El sistema deportivo mexicano, un modelo en franca crisis de profesionales e investigadores en cultu

Con el aprecio de siempre estimado lector, en esta ocasión le invito a que hagamos este ejercicio de reflexión sobre la profesionalización del sector deportivo en México.


El mercado de consumo deportivo atrae diversidad de clientes y consumidores del deporte. Por lo tanto, esta diversidad requiere de especialistas cada vez mejor preparados para atender las necesidades y demandas que requieren los diferentes segmentos de mercado de la industria del deporte.


Ya no es novedad que los seres humanos en el afán de mejora de sus cualidades físicas y cognitivas hacen lo posible para ser aceptados socialmente. Y los distintos métodos utilizados para conseguir esos efectos (Pérez, 2019). En esta lógica la prosapia oficial del olimpismo moderno Altius, Cituis, Fortis (más alto, más rápido y más fuerte), se constituye en una frase latina que justamente hace referencia al ideal que advierte el sentido de mejora de los seres humanos; que es ideado y lanzado por el dominico Henri Didon, Prefecto del Colegio parisino de Arcueil, y amigo personal de Coubertin, se ha difundido y es conocida hoy en todos los ámbitos del deporte; sin embargo:


El lema olímpico, tal como lo concibió su autor y ulteriormente lo explicaría no ha de ser entendido en la simplicidad interpretativa de una obsesiva mejora de los récords deportivos, sino en el progresivo perfeccionamiento del hombre merced al deporte, en su condición ontológica total. Citius, Fortius, Altius sería la ordenada pauta de una progresiva mejora dentro de un perfeccionamiento moral. (Durántez, 2004)

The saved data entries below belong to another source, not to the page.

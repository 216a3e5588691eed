//! The order of expressions: by the variant as declared, then by the parts from left to right.

ghost use Rattle.std.specs.Prelude.{◌≡◌, ◌↔◌, IsTrue};
ghost use Rattle.ts_regex.specs.Shape.{shape_of};
ghost use Rattle.ts_regex.specs.NormalForm.{shape_rank, shape_cmp, same_shape};

use crate::regex::Regex;
use std::cmp::Ordering;

impl Regex {
    /// Whether the two have the same form; their pointers don't count.
    #[tactic(auto, using(crate::proofs::Laws::same_law))]
    pub fn same(&self, other: &Regex) -> bool
        ensures exact { result ≡ same_shape (shape_of self.now) (shape_of other.now) }
        ensures equal { IsTrue result ↔ (shape_of self.now ≡ shape_of other.now) }
    {
        self.compare(other).is_eq()
    }

    /// The variants in the order of their declaration, then the parts from left to right.
    pub(crate) fn compare(&self, other: &Regex) -> Ordering
        ensures { result ≡ shape_cmp (shape_of self.now) (shape_of other.now) }
    {
        match (self, other) {
            (Regex::One(l), Regex::One(m)) => l.cmp(m),
            (Regex::Cat(r, s), Regex::Cat(t, u)) | (Regex::Alt(r, s), Regex::Alt(t, u)) =>
                match r.compare(t) {
                    Ordering::Equal => s.compare(u),
                    different => different,
                },
            (Regex::Star(r), Regex::Star(s)) => r.compare(s),
            _ => self.rank().cmp(&other.rank()),
        }
    }

    /// The place of the variant in the declaration.
    fn rank(&self) -> u8
        ensures { result ≡ shape_rank (shape_of self.now) }
    {
        match self {
            Regex::Empty => 0,
            Regex::Eps => 1,
            Regex::One(_) => 2,
            Regex::Cat(_, _) => 3,
            Regex::Alt(_, _) => 4,
            Regex::Star(_) => 5,
        }
    }
}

La frase desde que surgió tiene una finalidad en lo formativo y educativo en el ser humano, pero esa acción tiene que acompañarse de personas capacitadas, de profesionales altamente especializados en sus deberes hacía, con y para el deporte en cualquiera de sus manifestaciones: social, salud, educativo, profesional, alto rendimiento, ocio, recreación, tiempo libre, adaptado entre otros adeptos.

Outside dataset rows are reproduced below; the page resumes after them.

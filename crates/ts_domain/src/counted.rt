//! The ranges that sets share, with what lies before each: so a place is found by halving.

ghost use Rattle.std.specs.Prelude.{◌≡◌, ◌<◌, neg_ℤ, length, slice_get, Some, IfOk, Contains};
ghost use Rattle.ts_base.specs.Limits.{greatest_value};
ghost use Rattle.ts_domain.specs.Counts.{counts_from, HasPlace};
ghost use Rattle.ts_domain.specs.Values.{AreRanges, RangesFrom, values_of};

use crate::interval::Interval;
use crate::lookup::ended_below;
use smallvec::SmallVec;
use std::alloc::Global;
use ts_base::Memory;

/// Ranges, and of each of them how many numbers lie in those before it.
#[derive(Drop)]
pub(crate) struct CountedRanges {
    pub(crate) items: SmallVec<Interval, 2>,
    before: SmallVec<u32, 2>,
    ghost counted: { before.items ≡ counts_from 0 items.items },
}

impl CountedRanges {
    /// These ranges, counted.
    pub(crate) fn new(alloc: Global, items: SmallVec<Interval, 2>) -> Result<CountedRanges, Memory>
        requires { AreRanges items.items }
        ensures { IfOk result (λ ranges. ranges.items.items ≡ items.items) }
    {
        let before = counts(alloc, items.as_slice())?;
        Ok(CountedRanges { items, before })
    }

    /// The place of one of the numbers, counted from 0; in one range alone nothing has to be searched for.
    #[inline(always)]
    pub(crate) fn place_of(&self, v: i64) -> u64
        requires apart { RangesFrom (neg_ℤ greatest_value) self.now.items.items }
        requires has { Contains (values_of self.now.items.items) v }
        ensures { slice_get (values_of self.now.items.items) result ≡ Some v }
    {
        let items = self.items.as_slice();
        if items.len() == 1 {
            return (v - items[0].low) as u64;
        }
        let before = self.before.as_slice();
        let at = ended_below(items, v);
        let above = v - items[at].low;
        before[at] as u64 + above as u64
    }

    /// The number at a place.
    pub(crate) fn at_place(&self, i: u64) -> i64
        requires apart { RangesFrom (neg_ℤ greatest_value) self.now.items.items }
        requires below { i < length (values_of self.now.items.items) }
        ensures { slice_get (values_of self.now.items.items) i ≡ Some result }
    {
        let items = self.items.as_slice();
        let before = self.before.as_slice();
        let at = range_of_place(items, before, i);
        let above = i - before[at] as u64;
        items[at].low + above as i64
    }
}

/// Of each range how many numbers lie before it.
fn counts(alloc: Global, ranges: &[Interval]) -> Result<SmallVec<u32, 2>, Memory>
    requires { RangesFrom (neg_ℤ greatest_value) ranges.now }
    ensures { IfOk result (λ before. before.items ≡ counts_from 0 ranges.now) }
{
    let mut before = SmallVec::new(alloc);
    let mut count = 0;
    for range in ranges {
        let place = count as u32;
        before.push(place)?;
        count += range.count();
    }
    Ok(before)
}

/// The number of the range that has the number at a place.
fn range_of_place(ranges: &[Interval], before: &[u32], i: u64) -> usize
    requires apart { RangesFrom (neg_ℤ greatest_value) ranges.now }
    requires counted { before.now ≡ counts_from 0 ranges.now }
    requires below { i < length (values_of ranges.now) }
    ensures in_ranges { result < length ranges.now }
    ensures in_counts { result < length before.now }
    ensures place { HasPlace ranges.now before.now i result }
{
    let begun = before.partition_point(|before| *before as u64 <= i);
    begun - 1
}
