//! Membership of a word in a language.

ghost use Rattle.std.specs.Prelude.{◌↔◌, IfOk, IsTrue};
ghost use Rattle.ts_regex.specs.Shape.{shape_of};
ghost use Rattle.ts_regex.specs.Language.{InLanguage};

use crate::derivative::nullable;
use crate::normal_form::{normal, residual};
use crate::regex::Regex;
use std::alloc::Global;
use ts_base::{Letter, Memory};

/// Whether `w` is in the language. Each letter is read once, and what is left is simplified after it.
pub fn member(alloc: Global, r: &Regex, w: &[Letter]) -> Result<bool, Memory>
    ensures { IfOk result (λ b. IsTrue b ↔ InLanguage (shape_of r.now) w.now) }
{
    let mut rest = normal(alloc, r)?;
    for l in w {
        rest = residual(alloc, &rest, *l)?;
    }
    Ok(nullable(&rest))
}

Pero entonces, quién no quiere a un profesional preparado a cargo de la dosificación del ejercicio, del proceso de entrenamiento, de las clases de educación física del colegio, al facilitador o monitor de natación, en el gimnasio, en el trabajo, el director atlético de un club público o privado, al gerente deportivo del club golf, las clases de tenis, entre tantos espacios donde un profesional se requiere, por esta razón adquiere sentido analizar el perfil del profesional encargado de la actividad física y deporte.


Se ha escrito bastante sobre los beneficios del deporte y también de lo perjudicial que resulta si hay excesos. De igual manera cuando el deporte asume su rol de desarrollo en los países, como una herramienta en el portafolio de las organizaciones del mundo. (Jaitman & Scartascini, 2017). En este contraste de deporte para el desarrollo y lo altamente perjudicial estriba la importancia de hacer líderes profesionales y construir programas permanentes y sistemáticos de capacitación para reducir el impacto que tiene el fenómeno del empirismo en el deporte mexicano.


El perfil de los profesionales a cargo de los sectores deportivos en México equivale a apuntar a una serie de factores donde el sistema deportivo de México debe articular tres escenarios: el económico principalmente, la función social y la organización deportiva (Comisión Europea, 2011); por la razón de que el desarrollo económico consiste en proporcionar mejores niveles de vida a todas las personas de forma sostenible y a largo plazo. Por lo tanto, un alto nivel de desarrollo solo puede alcanzarse a partir de un mayor crecimiento económico que sea compartido por toda la sociedad. El crecimiento, a su vez, exige más recursos (acumulación de capital y mano de obra) y un mejor aprovechamiento de los mismos (mayor productividad).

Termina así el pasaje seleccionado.